### REQUIREMENT
Your task is to reproduce the entries below word for word.

### MATERIAL FOR THIS EXERCISE

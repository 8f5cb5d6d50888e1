// Where threads wait for something to come for a call, and what wakes them.
use channel_core::ChannelCore;
use gate_io::Pause;
use grpc_base::{Event, NoMemory};
use lb_policy::Balancer;
use std::alloc::Global;
use std::sync::Wait;
use std::sync::atomic::{AtomicBool, AtomicU64, Ordering};
use std::time::Duration;

/// How many milliseconds a sleep takes that no ring ends: whoever waits looks again as often as that.
const SLEEP: u64 = 50;

/// How many threads wait at once with a place of their own. Further ones look again and again.
const PLACES: usize = 32;

/// In a place's word, a thread that waits for room, and not for what comes.
const FOR_ROOM: u64 = 1 << 33;

/// One place to wait at.
#[derive(Drop)]
struct Place {
    /// For which call a thread waits here, and 1 more; 0 where none does.
    call: AtomicU64,
    /// How often it was rung for. At its type's end it begins anew.
    rings: AtomicU64,
    is_asleep: AtomicBool,
    /// Whether it was rung for, and the thread is still to be woken.
    is_rung: AtomicBool,
}

impl Place {
    fn new() -> Place {
        Place {
            call: AtomicU64::new(0),
            rings: AtomicU64::new(0),
            is_asleep: AtomicBool::new(false),
            is_rung: AtomicBool::new(false),
        }
    }

    /// Whether it was free, and now has this word.
    fn is_taken_by(&self, word: u64) -> bool {
        self.call.load(Ordering::SeqCst) == 0
            && self
                .call
                .compare_exchange(0, word, Ordering::SeqCst, Ordering::SeqCst)
                .is_ok()
    }

    /// Notes that the thread here is to look again.
    fn ring(&self) {
        self.rings.fetch_add(1, Ordering::SeqCst);
        self.is_rung.store(true, Ordering::SeqCst);
    }

    /// Wakes the thread that sleeps here, where it was rung for.
    fn wake(&self) {
        if self.is_rung.load(Ordering::SeqCst)
            && self.is_rung.swap(false, Ordering::SeqCst)
            && self.is_asleep.load(Ordering::SeqCst)
        {
            self.rings.wake_all();
        }
    }
}

/// Where threads wait. A thread has a place as long as it waits, and whose step brings something for its call rings for it. Nothing rests on
/// a ring: each sleep has an end.
#[derive(Drop)]
pub(crate) struct Bell {
    places: Vec<Place>,
    /// Whether a worker beside the calls ended for want of memory, so that what they wait for may never come.
    lacks: AtomicBool,
}

impl Bell {
    /// A bell at which nobody waits.
    pub(crate) fn new(alloc: Global) -> Result<Bell, NoMemory> {
        let mut places = Vec::new(alloc);
        while places.len() < PLACES {
            places.push(Place::new())?;
        }
        Ok(Bell {
            places,
            lacks: AtomicBool::new(false),
        })
    }

    /// A place for a thread that waits for what comes for a call. It has it before it looks, so that no ring after the look is missed.
    pub(crate) fn wait_for(&self, call: u32) -> Waiter<'_> {
        self.waiter(u64::from(call) + 1)
    }

    /// A place for a thread that waits for room in a call.
    pub(crate) fn wait_for_room(&self, call: u32) -> Waiter<'_> {
        self.waiter(FOR_ROOM + u64::from(call))
    }

    fn waiter(&self, word: u64) -> Waiter<'_> {
        Waiter {
            place: self.free_place(word),
        }
    }

    fn free_place(&self, word: u64) -> Option<&Place> {
        for place in self.places.iter() {
            if place.is_taken_by(word) {
                return Some(place);
            }
        }
        None
    }

    /// In a turn, after a step: rings for those for whose calls something has come. Those that wait for room all look again.
    pub(crate) fn ring<P: Balancer>(&self, core: &ChannelCore<P>) {
        for place in self.places.iter() {
            let word = place.call.load(Ordering::SeqCst);
            if word != 0 && (word >= FOR_ROOM || has_come(core, word)) {
                place.ring();
            }
        }
    }

    /// Notes that a worker beside the calls ended for want of memory, and wakes all that wait.
    pub(crate) fn note_lack(&self) {
        self.lacks.store(true, Ordering::SeqCst);
        for place in self.places.iter() {
            place.ring();
            place.wake();
        }
    }

    /// Whether a worker beside the calls ended for want of memory.
    pub(crate) fn lacks(&self) -> bool {
        self.lacks.load(Ordering::SeqCst)
    }

    /// After a turn: wakes those that were rung for.
    pub(crate) fn wake(&self) {
        for place in self.places.iter() {
            place.wake();
        }
    }
}

/// Whether something has come for the call of a place, of which its word is 1 more.
fn has_come<P: Balancer>(core: &ChannelCore<P>, word: u64) -> bool {
    match u32::try_from(word.saturating_sub(1)) {
        Ok(call) => core.can_take(call),
        Err(_) => true,
    }
}

/// A thread that waits, at a place of its own where one was free.
#[derive(Clone, Copy)]
pub(crate) struct Waiter<'b> {
    place: Option<&'b Place>,
}

impl Waiter<'_> {
    /// How often it was rung for, by the lower 32 bits. It is asked before looking.
    pub(crate) fn rings(&self) -> u32 {
        match self.place {
            Some(place) => (place.rings.load(Ordering::SeqCst) & u64::from(u32::MAX)) as u32,
            None => 0,
        }
    }

    /// Sleeps until it is rung for, unless it was since it had so many rings, and gives the pause that is left to be made: a short one where
    /// it has no place.
    pub(crate) fn sleep<W: Wait>(&self, rt: &W, rings: u32) -> Pause {
        match self.place {
            Some(place) => {
                place.is_asleep.store(true, Ordering::SeqCst);
                place
                    .rings
                    .park_timeout(rt, rings, Duration::from_millis(SLEEP));
                place.is_asleep.store(false, Ordering::SeqCst);
                Pause::None
            }
            None => Pause::Short,
        }
    }

    /// Waits no more.
    pub(crate) fn leave(&self) {
        if let Some(place) = self.place {
            place.call.store(0, Ordering::SeqCst);
        }
    }
}

/// Whether an event may bring something to a call that another thread waits for: none does that the call's own thread posts.
pub(crate) fn is_news(event: &Event) -> bool {
    !matches!(
        event,
        Event::Begin { .. } | Event::Send { .. } | Event::Finish { .. } | Event::Take { .. }
    )
}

### THE ANSWER
repository 8f5cb5d6d50888e1
// Where threads wait for something to come for a call, and what wakes them.
use channel_core::ChannelCore;
use gate_io::Pause;
use grpc_base::{Event, NoMemory};
use lb_policy::Balancer;
use std::alloc::Global;
use std::sync::Wait;
use std::sync::atomic::{AtomicBool, AtomicU64, Ordering};
use std::time::Duration;

/// How many milliseconds a sleep takes that no ring ends: whoever waits looks again as often as that.
const SLEEP: u64 = 50;

/// How many threads wait at once with a place of their own. Further ones look again and again.
const PLACES: usize = 32;

/// In a place's word, a thread that waits for room, and not for what comes.
const FOR_ROOM: u64 = 1 << 33;

/// One place to wait at.
#[derive(Drop)]
struct Place {
    /// For which call a thread waits here, and 1 more; 0 where none does.
    call: AtomicU64,
    /// How often it was rung for. At its type's end it begins anew.
    rings: AtomicU64,
    is_asleep: AtomicBool,
    /// Whether it was rung for, and the thread is still to be woken.
    is_rung: AtomicBool,
}

impl Place {
    fn new() -> Place {
        Place {
            call: AtomicU64::new(0),
            rings: AtomicU64::new(0),
            is_asleep: AtomicBool::new(false),
            is_rung: AtomicBool::new(false),
        }
    }

    /// Whether it was free, and now has this word.
    fn is_taken_by(&self, word: u64) -> bool {
        self.call.load(Ordering::SeqCst) == 0
            && self
                .call
                .compare_exchange(0, word, Ordering::SeqCst, Ordering::SeqCst)
                .is_ok()
    }

    /// Notes that the thread here is to look again.
    fn ring(&self) {
        self.rings.fetch_add(1, Ordering::SeqCst);
        self.is_rung.store(true, Ordering::SeqCst);
    }

    /// Wakes the thread that sleeps here, where it was rung for.
    fn wake(&self) {
        if self.is_rung.load(Ordering::SeqCst)
            && self.is_rung.swap(false, Ordering::SeqCst)
            && self.is_asleep.load(Ordering::SeqCst)
        {
            self.rings.wake_all();
        }
    }
}

/// Where threads wait. A thread has a place as long as it waits, and whose step brings something for its call rings for it. Nothing rests on
/// a ring: each sleep has an end.
#[derive(Drop)]
pub(crate) struct Bell {
    places: Vec<Place>,
    /// Whether a worker beside the calls ended for want of memory, so that what they wait for may never come.
    lacks: AtomicBool,
}

impl Bell {
    /// A bell at which nobody waits.
    pub(crate) fn new(alloc: Global) -> Result<Bell, NoMemory> {
        let mut places = Vec::new(alloc);
        while places.len() < PLACES {
            places.push(Place::new())?;
        }
        Ok(Bell {
            places,
            lacks: AtomicBool::new(false),
        })
    }

    /// A place for a thread that waits for what comes for a call. It has it before it looks, so that no ring after the look is missed.
    pub(crate) fn wait_for(&self, call: u32) -> Waiter<'_> {
        self.waiter(u64::from(call) + 1)
    }

    /// A place for a thread that waits for room in a call.
    pub(crate) fn wait_for_room(&self, call: u32) -> Waiter<'_> {
        self.waiter(FOR_ROOM + u64::from(call))
    }

    fn waiter(&self, word: u64) -> Waiter<'_> {
        Waiter {
            place: self.free_place(word),
        }
    }

    fn free_place(&self, word: u64) -> Option<&Place> {
        for place in self.places.iter() {
            if place.is_taken_by(word) {
                return Some(place);
            }
        }
        None
    }

    /// In a turn, after a step: rings for those for whose calls something has come. Those that wait for room all look again.
    pub(crate) fn ring<P: Balancer>(&self, core: &ChannelCore<P>) {
        for place in self.places.iter() {
            let word = place.call.load(Ordering::SeqCst);
            if word != 0 && (word >= FOR_ROOM || has_come(core, word)) {
                place.ring();
            }
        }
    }

    /// Notes that a worker beside the calls ended for want of memory, and wakes all that wait.
    pub(crate) fn note_lack(&self) {
        self.lacks.store(true, Ordering::SeqCst);
        for place in self.places.iter() {
            place.ring();
            place.wake();
        }
    }

    /// Whether a worker beside the calls ended for want of memory.
    pub(crate) fn lacks(&self) -> bool {
        self.lacks.load(Ordering::SeqCst)
    }

    /// After a turn: wakes those that were rung for.
    pub(crate) fn wake(&self) {
        for place in self.places.iter() {
            place.wake();
        }
    }
}

/// Whether something has come for the call of a place, of which its word is 1 more.
fn has_come<P: Balancer>(core: &ChannelCore<P>, word: u64) -> bool {
    match u32::try_from(word.saturating_sub(1)) {
        Ok(call) => core.can_take(call),
        Err(_) => true,
    }
}

/// A thread that waits, at a place of its own where one was free.
#[derive(Clone, Copy)]
pub(crate) struct Waiter<'b> {
    place: Option<&'b Place>,
}

impl Waiter<'_> {
    /// How often it was rung for, by the lower 32 bits. It is asked before looking.
    pub(crate) fn rings(&self) -> u32 {
        match self.place {
            Some(place) => (place.rings.load(Ordering::SeqCst) & u64::from(u32::MAX)) as u32,
            None => 0,
        }
    }

    /// Sleeps until it is rung for, unless it was since it had so many rings, and gives the pause that is left to be made: a short one where
    /// it has no place.
    pub(crate) fn sleep<W: Wait>(&self, rt: &W, rings: u32) -> Pause {
        match self.place {
            Some(place) => {
                place.is_asleep.store(true, Ordering::SeqCst);
                place
                    .rings
                    .park_timeout(rt, rings, Duration::from_millis(SLEEP));
                place.is_asleep.store(false, Ordering::SeqCst);
                Pause::None
            }
            None => Pause::Short,
        }
    }

    /// Waits no more.
    pub(crate) fn leave(&self) {
        if let Some(place) = self.place {
            place.call.store(0, Ordering::SeqCst);
        }
    }
}

/// Whether an event may bring something to a call that another thread waits for: none does that the call's own thread posts.
pub(crate) fn is_news(event: &Event) -> bool {
    !matches!(
        event,
        Event::Begin { .. } | Event::Send { .. } | Event::Finish { .. } | Event::Take { .. }
    )
}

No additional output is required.